Collected data entries:
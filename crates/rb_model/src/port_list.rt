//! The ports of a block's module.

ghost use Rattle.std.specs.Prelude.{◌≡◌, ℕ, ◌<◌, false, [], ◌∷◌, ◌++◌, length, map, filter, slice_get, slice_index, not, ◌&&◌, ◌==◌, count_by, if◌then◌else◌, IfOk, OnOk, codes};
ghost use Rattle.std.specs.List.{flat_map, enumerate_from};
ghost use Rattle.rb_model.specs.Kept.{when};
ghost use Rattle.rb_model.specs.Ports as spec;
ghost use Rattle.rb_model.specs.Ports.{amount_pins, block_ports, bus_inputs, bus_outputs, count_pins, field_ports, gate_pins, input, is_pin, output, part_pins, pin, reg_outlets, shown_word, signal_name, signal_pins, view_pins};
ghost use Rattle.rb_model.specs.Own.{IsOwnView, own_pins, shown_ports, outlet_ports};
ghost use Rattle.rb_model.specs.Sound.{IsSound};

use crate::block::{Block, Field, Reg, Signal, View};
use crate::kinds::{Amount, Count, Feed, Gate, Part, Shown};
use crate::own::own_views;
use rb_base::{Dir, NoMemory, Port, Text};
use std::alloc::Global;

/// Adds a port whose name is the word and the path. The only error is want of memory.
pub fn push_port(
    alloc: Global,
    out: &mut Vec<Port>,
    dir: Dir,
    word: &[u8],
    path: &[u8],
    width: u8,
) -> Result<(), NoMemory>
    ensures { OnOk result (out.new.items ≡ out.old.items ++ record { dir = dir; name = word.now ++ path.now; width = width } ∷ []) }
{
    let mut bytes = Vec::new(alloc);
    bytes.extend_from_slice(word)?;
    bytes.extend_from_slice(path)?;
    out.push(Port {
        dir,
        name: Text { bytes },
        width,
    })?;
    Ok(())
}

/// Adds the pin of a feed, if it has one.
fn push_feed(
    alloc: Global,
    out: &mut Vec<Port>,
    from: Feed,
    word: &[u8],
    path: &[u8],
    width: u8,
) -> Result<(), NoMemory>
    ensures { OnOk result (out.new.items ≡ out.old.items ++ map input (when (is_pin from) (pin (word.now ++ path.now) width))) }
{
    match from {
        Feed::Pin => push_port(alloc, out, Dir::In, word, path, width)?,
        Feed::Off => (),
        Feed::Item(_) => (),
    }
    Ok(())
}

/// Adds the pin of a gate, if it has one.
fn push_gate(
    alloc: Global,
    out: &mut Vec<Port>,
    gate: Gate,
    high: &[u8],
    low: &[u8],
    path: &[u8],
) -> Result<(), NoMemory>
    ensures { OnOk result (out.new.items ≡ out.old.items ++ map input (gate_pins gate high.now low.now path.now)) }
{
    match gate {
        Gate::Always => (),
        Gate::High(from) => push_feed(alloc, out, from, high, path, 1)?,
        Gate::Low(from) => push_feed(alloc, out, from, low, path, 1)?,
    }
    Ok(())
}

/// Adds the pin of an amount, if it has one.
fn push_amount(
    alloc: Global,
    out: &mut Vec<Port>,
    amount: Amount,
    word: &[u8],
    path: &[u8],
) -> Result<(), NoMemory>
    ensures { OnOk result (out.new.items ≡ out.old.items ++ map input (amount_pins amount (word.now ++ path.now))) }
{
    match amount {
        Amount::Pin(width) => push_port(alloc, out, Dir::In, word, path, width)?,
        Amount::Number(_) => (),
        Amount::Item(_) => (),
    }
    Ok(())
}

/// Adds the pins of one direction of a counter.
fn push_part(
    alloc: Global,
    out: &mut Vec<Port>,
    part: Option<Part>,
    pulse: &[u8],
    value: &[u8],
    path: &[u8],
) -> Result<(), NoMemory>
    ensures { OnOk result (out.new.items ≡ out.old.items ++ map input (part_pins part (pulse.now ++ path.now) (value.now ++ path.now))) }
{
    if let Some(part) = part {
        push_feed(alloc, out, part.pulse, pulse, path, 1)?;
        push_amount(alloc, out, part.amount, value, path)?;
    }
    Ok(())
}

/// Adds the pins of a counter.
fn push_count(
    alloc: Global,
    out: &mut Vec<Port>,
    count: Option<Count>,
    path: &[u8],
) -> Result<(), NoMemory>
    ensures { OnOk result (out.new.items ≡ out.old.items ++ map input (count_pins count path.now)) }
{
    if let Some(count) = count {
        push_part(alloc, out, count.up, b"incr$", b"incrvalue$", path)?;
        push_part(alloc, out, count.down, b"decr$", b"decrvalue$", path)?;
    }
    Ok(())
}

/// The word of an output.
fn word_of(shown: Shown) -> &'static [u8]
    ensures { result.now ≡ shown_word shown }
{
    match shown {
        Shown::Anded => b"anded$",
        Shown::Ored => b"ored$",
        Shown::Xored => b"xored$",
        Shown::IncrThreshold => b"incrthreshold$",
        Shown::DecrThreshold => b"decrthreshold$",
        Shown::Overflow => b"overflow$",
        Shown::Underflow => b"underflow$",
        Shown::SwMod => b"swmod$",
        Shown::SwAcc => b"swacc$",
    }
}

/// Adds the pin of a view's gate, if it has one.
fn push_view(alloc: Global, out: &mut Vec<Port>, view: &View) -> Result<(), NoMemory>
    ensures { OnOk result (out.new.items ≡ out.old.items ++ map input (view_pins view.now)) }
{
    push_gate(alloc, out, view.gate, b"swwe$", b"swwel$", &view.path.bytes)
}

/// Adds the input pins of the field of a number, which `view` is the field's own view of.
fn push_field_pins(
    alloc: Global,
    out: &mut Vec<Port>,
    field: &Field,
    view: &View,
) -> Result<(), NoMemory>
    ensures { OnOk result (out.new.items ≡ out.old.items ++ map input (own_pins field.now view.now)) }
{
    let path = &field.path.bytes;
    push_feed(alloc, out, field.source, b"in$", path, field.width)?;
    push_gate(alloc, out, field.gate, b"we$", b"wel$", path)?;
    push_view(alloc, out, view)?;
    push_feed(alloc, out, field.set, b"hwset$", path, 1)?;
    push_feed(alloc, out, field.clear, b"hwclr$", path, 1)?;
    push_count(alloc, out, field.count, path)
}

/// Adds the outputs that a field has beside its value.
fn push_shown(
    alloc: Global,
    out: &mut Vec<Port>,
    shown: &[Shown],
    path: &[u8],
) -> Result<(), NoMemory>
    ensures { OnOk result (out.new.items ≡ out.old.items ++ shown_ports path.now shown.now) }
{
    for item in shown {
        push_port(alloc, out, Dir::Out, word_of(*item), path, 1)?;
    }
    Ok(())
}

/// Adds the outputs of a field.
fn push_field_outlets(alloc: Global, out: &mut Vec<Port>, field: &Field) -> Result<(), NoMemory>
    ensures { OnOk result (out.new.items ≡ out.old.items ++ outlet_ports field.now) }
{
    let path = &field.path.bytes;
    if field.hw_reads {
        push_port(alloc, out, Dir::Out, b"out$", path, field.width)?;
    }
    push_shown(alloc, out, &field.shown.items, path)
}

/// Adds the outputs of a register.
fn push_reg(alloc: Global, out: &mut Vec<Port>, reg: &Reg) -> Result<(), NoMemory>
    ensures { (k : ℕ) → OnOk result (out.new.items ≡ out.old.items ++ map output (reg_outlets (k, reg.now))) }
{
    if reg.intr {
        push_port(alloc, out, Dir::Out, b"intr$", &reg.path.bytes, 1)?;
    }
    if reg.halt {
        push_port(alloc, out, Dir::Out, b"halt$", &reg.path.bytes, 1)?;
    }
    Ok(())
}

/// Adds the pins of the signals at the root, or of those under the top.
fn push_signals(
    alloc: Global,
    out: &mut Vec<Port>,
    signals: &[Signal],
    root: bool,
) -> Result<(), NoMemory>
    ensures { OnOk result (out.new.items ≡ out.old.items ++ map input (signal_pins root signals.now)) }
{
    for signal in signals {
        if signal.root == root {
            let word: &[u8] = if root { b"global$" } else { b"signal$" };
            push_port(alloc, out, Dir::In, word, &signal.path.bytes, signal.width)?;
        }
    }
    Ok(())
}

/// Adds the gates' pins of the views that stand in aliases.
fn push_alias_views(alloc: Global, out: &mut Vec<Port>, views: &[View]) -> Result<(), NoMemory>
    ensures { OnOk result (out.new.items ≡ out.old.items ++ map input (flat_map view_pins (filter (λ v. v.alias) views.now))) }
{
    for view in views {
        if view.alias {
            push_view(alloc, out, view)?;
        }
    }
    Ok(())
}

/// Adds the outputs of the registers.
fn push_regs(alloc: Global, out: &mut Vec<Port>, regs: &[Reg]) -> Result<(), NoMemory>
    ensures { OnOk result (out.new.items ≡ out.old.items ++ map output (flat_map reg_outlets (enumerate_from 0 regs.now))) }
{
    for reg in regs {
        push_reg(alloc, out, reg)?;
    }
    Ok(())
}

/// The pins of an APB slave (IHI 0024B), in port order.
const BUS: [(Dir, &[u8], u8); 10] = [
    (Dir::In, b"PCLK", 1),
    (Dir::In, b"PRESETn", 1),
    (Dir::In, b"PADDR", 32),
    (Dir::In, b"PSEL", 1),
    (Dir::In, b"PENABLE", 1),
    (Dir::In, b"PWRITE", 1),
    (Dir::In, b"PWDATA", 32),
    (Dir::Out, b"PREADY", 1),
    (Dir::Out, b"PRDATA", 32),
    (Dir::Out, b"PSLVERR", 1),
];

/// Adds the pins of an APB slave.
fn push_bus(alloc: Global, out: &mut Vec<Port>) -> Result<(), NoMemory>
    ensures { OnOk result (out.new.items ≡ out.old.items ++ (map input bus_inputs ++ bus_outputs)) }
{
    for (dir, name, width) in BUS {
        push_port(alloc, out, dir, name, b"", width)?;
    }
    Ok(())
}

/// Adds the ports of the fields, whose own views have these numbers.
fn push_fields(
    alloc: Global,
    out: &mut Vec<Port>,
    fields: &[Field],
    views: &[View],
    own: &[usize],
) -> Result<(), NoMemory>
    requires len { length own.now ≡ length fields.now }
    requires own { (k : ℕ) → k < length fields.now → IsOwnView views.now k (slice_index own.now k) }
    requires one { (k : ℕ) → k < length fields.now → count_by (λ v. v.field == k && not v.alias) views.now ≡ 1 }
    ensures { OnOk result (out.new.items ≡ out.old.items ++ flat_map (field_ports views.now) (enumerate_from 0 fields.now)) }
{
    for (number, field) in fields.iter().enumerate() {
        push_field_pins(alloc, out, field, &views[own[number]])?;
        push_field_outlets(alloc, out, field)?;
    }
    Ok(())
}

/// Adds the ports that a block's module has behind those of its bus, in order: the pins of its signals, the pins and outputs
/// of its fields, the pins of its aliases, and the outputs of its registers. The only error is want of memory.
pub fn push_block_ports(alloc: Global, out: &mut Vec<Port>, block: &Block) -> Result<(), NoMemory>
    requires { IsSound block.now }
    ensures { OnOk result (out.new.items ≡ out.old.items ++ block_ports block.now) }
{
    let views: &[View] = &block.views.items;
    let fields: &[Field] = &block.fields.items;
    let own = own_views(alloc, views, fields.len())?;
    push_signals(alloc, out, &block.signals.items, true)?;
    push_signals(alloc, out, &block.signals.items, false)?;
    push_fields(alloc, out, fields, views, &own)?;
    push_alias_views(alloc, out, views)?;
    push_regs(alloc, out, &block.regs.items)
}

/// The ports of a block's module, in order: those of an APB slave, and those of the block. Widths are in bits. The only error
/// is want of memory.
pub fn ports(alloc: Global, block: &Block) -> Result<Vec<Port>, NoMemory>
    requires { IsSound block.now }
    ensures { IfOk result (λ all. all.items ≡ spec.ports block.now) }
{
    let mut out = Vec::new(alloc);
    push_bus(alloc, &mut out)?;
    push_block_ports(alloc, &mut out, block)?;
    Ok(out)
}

Problem to work on:
Up to and including the line with "ghost use Rattle.rb_model.specs.Ports as", repeat the entries exactly, beginning at their first line.

Finished task:
filename crates/rb_model/src/port_list.rt
//! The ports of a block's module.

ghost use Rattle.std.specs.Prelude.{◌≡◌, ℕ, ◌<◌, false, [], ◌∷◌, ◌++◌, length, map, filter, slice_get, slice_index, not, ◌&&◌, ◌==◌, count_by, if◌then◌else◌, IfOk, OnOk, codes};
ghost use Rattle.std.specs.List.{flat_map, enumerate_from};
ghost use Rattle.rb_model.specs.Kept.{when};
ghost use Rattle.rb_model.specs.Ports as spec;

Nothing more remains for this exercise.